After decades of debauchery and countless conceptions, Burning Man revelers celebrated a rare birth in Black Rock City Wednesday morning after a festival-goer on the Playa unexpectedly went into labor.
“This absolute miracle” said new father Casey, 39, of Salt Lake City, who asked that only family names be used to protect their privacy. “Little did I know [about the pregnancy]this is the last place on this planet I could be.”
The new father said his wife, Kayla, 36, had no symptoms or symptoms when she suddenly went into labor in their van just before dawn. Doctors believe baby Aurora was about a month shy of giving birth when she arrived minutes later, weighing just over 3.5 pounds.
“I just started screaming for someone to help me,” Casey recalled through tears. “In a matter of minutes we received [obstetrician]ICU nurse, pediatrician—I don’t know where they all came from, they just came.”
As luck would have it, a team of medical professionals set up camp right next door. The obstetrician was still in his underwear as he and his pseudo-obstetric team tried to care for the newborn and her mother, scrounging for clean blankets, saline solution and other essentials in the dusty and mud-splattered camp.
The family was transported to the festival's official medical tent, where Kayla's mom held her tiny naked daughter to her bare chest as they waited for the helicopter to take her to the neonatal intensive care unit in Reno. They made the agonizing decision to send Aurora away alone after learning that neither of her parents had anywhere to go with her.

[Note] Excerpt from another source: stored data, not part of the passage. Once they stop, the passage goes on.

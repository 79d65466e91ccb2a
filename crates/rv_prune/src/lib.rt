//! Pruning: which endings are counted apart, since what they found is most likely meant.
//!
//! To the layer above, `classify` is the table of `specs/Class.antt`, the rules of what a user is not
//! shown as a race; they can be read alone. `ranges` gives the addresses of named symbols, for the first
//! of them.
#![tactic(auto)]

pub mod class;
pub mod code;
pub mod fences;
pub mod laws;
pub mod named_bytes;
pub mod names;
pub mod ordered;
pub mod pruning;
pub mod role;
mod rules;
mod waits;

“The Burning Man medical staff grabbed me and just hugged me and told me they weren’t going to let her out of their sight,” Casey said. “He kept reassuring me that she would be fine.”
But the family odyssey was just beginning. The drive to Reno took several hours. Kayla was treated and released from the hospital on Thursday. But baby Aurora remains in the intensive care unit and could face a long stay, according to her family.
“Because this is their first child and the pregnancy was completely unexpected, my brother and his wife have nothing prepared – no baby supplies, no nursery, nothing at all,” the baby's aunt, Lacey Paxman, wrote on her blog. GoFundMe Appeal for the family.
“Most people have nine months to prepare,” she said. “They became parents in the blink of an eye.”
For now, the family is stuck in Reno, although they hope baby Aurora will be transported to a hospital closer to home.
“She just lights up my sky,” Casey said of the fragile newborn he held for the first time Friday. “She will be everything to me.”
Surprise deliveries are rare but far from unheard of, experts say. About one in every 500 pregnant women discovers they are expecting a baby after 20 weeks, a phenomenon known as “mystery pregnancy.”
Mystery pregnancies are more common among very young mothers, as well as those who may have other medical conditions that mask pregnancy symptoms, such as nausea, fatigue, and even a missed period. Like Kayla, some of these parents find out about their pregnancy only during childbirth.
“It was 100% a mystery pregnancy,” Casey said. “No signs, no morning sickness. It didn't even show.”
Pregnant women, young children and even babies are regulars at the nine-day Burning Man festival, which draws tens of thousands of people each year to the desolate swath of the Nevada Desert about 120 miles north of Reno.
Yet in a celebration of “community, art, self-expression and self-reliance,” the birth rate is virtually unheard of. Some longtime Burners have dubbed Aurora “Citizen Zero.”
Her unexpected arrival came just hours after white dust storm stopped incoming traffic as festival-goers poured in Monday and tried to set up camp.
The dramatic weather was reminiscent of the torrential rains that flooded the camp in 2023. leaving thousands of people stranded in deep, sticky mud. More inclement weather is expected over the weekend.
“It’s a miracle because the weather was crazy,” Paxton said. “If she had come an hour or two earlier or an hour or two later, they wouldn’t have been able to get her out.”